The European Central Bank on Thursday followed other major central banks with a flurry of measures to cushion the impact of the coronavirus, including increased bond purchases and cheap loans to banks, but surprised observers by leaving key interest rates unchanged.

Stock losses were widespread, but the impact on major airlines was especially acute after US President Donald Trump announced a 30-day travel ban on European travelers.

Both Delta Air Lines and United Airlines tumbled more than 10 per cent, adding to losses in a bruising period for the industry.

READ: Singapore stocks plunge amid global sell-off after COVID-19 pandemic declared

With the market panic having already wiped away more than US$11 trillion in global value, the head of the World Health Organization said the COVID-19 outbreak “is a controllable pandemic” if countries stepped up measures to tackle it.

“We are deeply concerned that some countries are not approaching this threat with the level of political commitment needed to control it,” WHO director-general Tedros Adhanom Ghebreyesus told diplomats in Geneva, according to a statement.

Following an overnight slump, Sydney tumbled 7.4 per cent Thursday to suffer its worst session since the 2008 global financial crisis.

Tokyo closed down 4.4 per cent, putting it in a bear market after slumping more than 20 per cent from a recent high.

Hong Kong shed 3.7 per cent, though Shanghai was off 1.5 per cent as China continues to see infection rates slow.

READ: Philippines’ Duterte announces containment measures in Manila to fight COVID-19

Manila crashed nearly 10 per cent – sparking a brief trading halt – after it emerged Philippines President Rodrigo Duterte would undergo a precautionary test for the virus.

In the Gulf, Saudi dumped 3.0 per cent in value, Dubai tumbled 8.0 per cent and Qatar shed 4.5 per cent.

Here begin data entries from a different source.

//! Rows of printed text, as rmgrdesc's functions and docs/FORMATS.md have it.

ghost use Rattle.std.specs.Prelude.{IfOk};
ghost use Rattle.waldump_text.specs.Listing.{IsListable};

use cluster_listing::{Form, kind_name, push_record};
use std::alloc::{AllocError, Global};
use std::test::Fail;
use wal_types::{Block, BlockList, Bytes, Image, Lsn, Record, Rel, Xid};
use waldump_filter::Listed;

// A manager, an info, and the word of such a record.
const KINDS: [(u8, u8, &str); 18] = [
    (0, 0xA0, "FPI_FOR_HINT"),
    (1, 0x80, "COMMIT"),
    (1, 0xA0, "ABORT"),
    (2, 0x00, "UNKNOWN (0)"),
    (2, 0x10, "CREATE"),
    (8, 0x10, "RUNNING_XACTS"),
    (9, 0xD0, "MULTI_INSERT+INIT"),
    (10, 0x41, "HOT_UPDATE"),
    (11, 0xE0, "META_CLEANUP"),
    (12, 0xD0, "UNKNOWN (d0)"),
    (13, 0x90, "VACUUM_DATA_LEAF_PAGE"),
    (14, 0x70, "ASSIGN_LSN"),
    (16, 0x80, "VACUUM_REDIRECT"),
    (17, 0x90, "INSERT+INIT"),
    (19, 0x10, "DROP"),
    (20, 0x30, "Generic"),
    (21, 0x00, "MESSAGE"),
    (200, 0x10, "UNKNOWN (10)"),
];

#[test]
fn records_have_their_words(rt: HostRuntime) {
    for (rmid, info, word) in KINDS {
        assert_eq!(rt; kind_name(rmid, info).as_bytes(), word.as_bytes());
    }
}

// An update whose page has an image with a hole.
fn update(alloc: Global) -> Result<Listed, AllocError>
    ensures { IfOk result IsListable }
{
    let mut blocks = Vec::new(alloc);
    blocks.push(Block {
        id: 0,
        rel: Rel {
            spc: 1663,
            db: 5,
            rel: 16384,
        },
        fork: 2,
        blk: 7,
        will_init: false,
        content: Bytes::of(vec![in alloc; 1; 2]?),
        image: Some(Image {
            apply: true,
            hole_offset: 4,
            hole_len: 8188,
            bytes: Bytes::of(vec![in alloc; 0; 4]?),
        }),
    })?;
    Ok(Listed {
        start: Lsn(0x100_0028),
        prev: Lsn(0xFF_FFD8),
        total: 60,
        value: Record {
            xid: Xid(700),
            rmid: 10,
            info: 0x40,
            origin: None,
            top_xid: None,
            blocks: BlockList::of(blocks),
            main: Bytes::of(vec![in alloc; 3; 3]?),
        },
    })
}

#[test]
fn an_update_has_its_texts(rt: HostRuntime) -> Result<(), Fail> {
    let alloc = rt.alloc();
    let r = update(alloc)?;
    let mut text = Vec::new(alloc);
    push_record(&mut text, Form::Line { whole: false }, &r)?;
    push_record(&mut text, Form::Json { whole: false }, &r)?;
    assert_eq!(rt;
        text.as_slice(),
        b"rmgr: Heap        len (rec/tot):     56/    60, tx:        700, lsn: 0/01000028, prev \
          0/00FFFFD8, desc: HOT_UPDATE data 030303, blkref #0: rel 1663/5/16384 fork vm blk 7 FPW\n\
          {\"rmgr\":\"Heap\",\"rec_len\":56,\"total_len\":60,\"xid\":700,\"lsn\":\"0/01000028\",\
          \"prev\":\"0/00FFFFD8\",\"desc\":\"HOT_UPDATE\",\"main_len\":3,\"main\":\"030303\",\
          \"blocks\":[{\"id\":0,\"spc\":1663,\"db\":5,\"rel\":16384,\"fork\":\"vm\",\"blk\":7,\
          \"data_len\":2,\"image\":{\"apply\":true,\"hole_offset\":4,\"hole_len\":8188,\
          \"len\":4}}]}\n"
            .as_slice()
    );
    Ok(())
}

“Taking the view that the president’s travel ban has only further heightened the likelihood of a global recession … investors fled,” said Connor Campbell, market analyst at Spreadex trading group.

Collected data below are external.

//! The calls of a hosted disk come out in order; it fails where the queue is full, and once a call
//! of the host's has failed.

use byte_position::Geometry;
use hosted_disk::hosted_disk;
use segment_disk::{CallKind, Disk, Failed};
use std::sync::atomic::Rule;
use std::test::Fail;

struct Said;

impl Rule for Said {
    ghost invariant = { λ _. Unit {0} };
}

#[test]
fn calls_come_out_in_order(rt: HostRuntime) -> Result<(), Fail> {
    let (mut disk, mut calls, progress) = hosted_disk::<Said>(rt.alloc(), 3)?;
    let geometry = Geometry::new(1 << 20).ok_or("a size")?;
    let mut page = [7; 8192];
    assert_eq!(rt; disk.read_page(geometry, 1, 0, &mut page), Ok(false));
    assert_eq!(rt; disk.create(geometry, 1), Ok(()));
    assert_eq!(rt; disk.write_page(geometry, 1, 2, &page), Ok(()));
    assert!(rt; progress.has_room(1) && !progress.has_room(2));
    assert_eq!(rt; disk.sync(geometry, 1), Ok(()));
    assert_eq!(rt; disk.sync(geometry, 1), Err(Failed));
    assert_eq!(rt; (disk.moment(), disk.faults(), calls.look()), (3, 1, 3));
    let created = calls.take().ok_or("a create")?;
    assert!(rt; matches!(&created.kind, CallKind::Create { .. }) && created.segment == 1);
    let written = calls.take().ok_or("a write")?;
    assert!(rt; matches!(&written.kind, CallKind::Write { page: 2, bytes } if bytes.bytes[0] == 7));
    let synced = calls.next().ok_or("a sync")?;
    assert!(rt; matches!(&synced.kind, CallKind::Sync));
    calls.acknowledge(2);
    assert_eq!(rt; (progress.made(), calls.taken()), (2, 2));
    calls.fail();
    assert!(rt; calls.take().is_none() && progress.has_failed());
    assert_eq!(rt; disk.create(geometry, 2), Err(Failed));
    assert_eq!(rt; disk.read_page(geometry, 1, 0, &mut page), Err(Failed));
    Ok(())
}
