//! A record is told to be durable once the host has made the calls that make it so. The place and
//! the moment are those of docs/FORMATS.md: a log's first record starts behind the long header of
//! its first page, and its flush makes a segment, writes a page and syncs.

use embedded_log::{Append, FlushRefusal, first_sessions_are_sole, open};
use std::sync::atomic::Rule;
use std::test::Fail;
use wal_log::{Caught, Hard, Receipt, Setup};
use wal_spelling::Body;
use wal_types::{Lsn, Xid};

struct NothingSaid;

impl Rule for NothingSaid {
    ghost invariant = { λ _. Unit {0} };
}

const SETUP: Setup = Setup {
    seg_size: 1 << 20,
    ring_pages: 4,
    cap_segments: 3,
    sysid: 1,
    passes: 2,
};

#[test]
fn told_once_the_host_has_made_it(rt: HostRuntime) -> Result<(), Fail> {
    first_sessions_are_sole::<NothingSaid>();
    let body = Body::assemble_plain(rt.alloc(), Xid(0), 128, 0, b"a1")?;
    let Ok((session, mut calls)) = open::<NothingSaid>(rt.alloc(), SETUP, 0) else {
        panic!(rt; "a log");
    };
    let (receipt, mut session) = match session.append(&body) {
        Append::Reserved { receipt, session } => (receipt, session),
        Append::Going(_going) => panic!(rt; "a record on its way"),
        Append::Refused { .. } | Append::Down { .. } => panic!(rt; "a record"),
    };
    let (start, end) = (Lsn(0x10_0028), Lsn(0x10_0048));
    assert_eq!(rt; receipt, Receipt { start, end });
    let (upto, moment) = (end, 3);
    assert_eq!(rt;
        session.flush(end),
        Err(FlushRefusal::Behind {
            upto,
            moment,
            made: 0
        })
    );
    assert!(rt; calls.take().is_some() && calls.take().is_some() && calls.take().is_some());
    assert!(rt; calls.take().is_none());
    assert_eq!(rt; calls.taken(), 3);
    calls.acknowledge(2);
    assert_eq!(rt;
        session.flush(end),
        Err(FlushRefusal::Behind {
            upto,
            moment,
            made: 2
        })
    );
    calls.acknowledge(3);
    assert_eq!(rt; session.flush(end), Ok(Hard { upto, moment }));
    let Ok(closed) = session.close() else {
        panic!(rt; "another session");
    };
    assert_eq!(rt; (closed.end, closed.down), (end, None));
    Ok(())
}

// What is answered ahead of the disk is flushed behind, and told once the host has made it.
#[test]
fn answered_ahead_and_flushed_behind(rt: HostRuntime) -> Result<(), Fail> {
    let body = Body::assemble_plain(rt.alloc(), Xid(0), 128, 0, b"a1")?;
    let Ok((session, mut calls)) = open::<NothingSaid>(rt.alloc(), SETUP, 0) else {
        panic!(rt; "a log");
    };
    let mut session = match session.append(&body) {
        Append::Reserved {
            receipt: _,
            session,
        } => session,
        Append::Going(_going) => panic!(rt; "a record on its way"),
        Append::Refused { .. } | Append::Down { .. } => panic!(rt; "a record"),
    };
    let (upto, moment) = (Lsn(0x10_0048), 3);
    assert!(rt; matches!(session.write_behind(), Ok(Caught::Idle { .. })));
    assert_eq!(rt; session.raise_async(), Ok(()));
    assert_eq!(rt;
        session.write_behind(),
        Err(FlushRefusal::Behind {
            upto,
            moment,
            made: 0
        })
    );
    assert!(rt; calls.take().is_some() && calls.take().is_some() && calls.take().is_some());
    assert_eq!(rt; calls.taken(), 3);
    calls.acknowledge(3);
    assert_eq!(rt; session.write_behind(), Ok(Caught::Idle { upto }));
    assert_eq!(rt; session.flush(upto), Ok(Hard { upto, moment }));
    Ok(())
}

READ: US to suspend all travel from Europe for 30 days to fight COVID-19 outbreak

The carnage on stock markets spread to Europe, with losses accelerating in Paris and Frankfurt, which both fell more than 10 per cent after the ECB unveiled a series of measures to shore up the eurozone economy, but it did not lower interest rates like central banks elsewhere.

“The crux of the matter … is that all of the efforts being made to curtail the spread of the coronavirus are going to produce negative economic outcomes that will weigh far and wide on earnings prospects since they are also curtailing consumer and business spending,” said market analyst Patrick J. O’Hare at Briefing.com.

MASSIVE NEGATIVE SIGNAL

“Travel restrictions equal slower global economic activity, so if you need any more coaxing to sell … after a massively negative signal from trading in US markets it just fell in your lap,” said AxiCorp’s Stephen Innes.

The coronavirus outbreak has left virtually no sector untouched, though travel and tourism have been particularly hard-hit as countries institute travel bans and quarantine requirements, with Italy in a country-wide lockdown.

READ: COVID-19 outbreak ‘a pandemic’ – WHO chief

The coronavirus market crash has wiped off US$11.3 trillion from global valuations as of the end of Wednesday, according to Howard Silverblatt, a senior analyst at S&P Dow Jones Indices.

The number of coronavirus cases across the globe has risen to more than 126,000 with 4,600 deaths, according to Johns Hopkins University.

OIL SLIDE

Elsewhere Thursday, oil prices were hammered, with benchmark Brent North Sea crude losing more than 7 per cent, as the travel restrictions will further dampen energy demand.

“We are now staring at the whole world going into a lockdown,” Vandana Hari, of Vanda Insights, said. “Oil demand can be expected to crash through the floor and all previous projections on oil consumption are now out the door.”

The oil market was already under pressure after Saudi Arabia and Gulf partner UAE stepped up a price war on Wednesday by unveiling plans to flood global markets.

The Saudi move was the latest escalation of a fight among oil producers after Russia balked at an OPEC-backed plan to cut production in response to lost demand because of the coronavirus.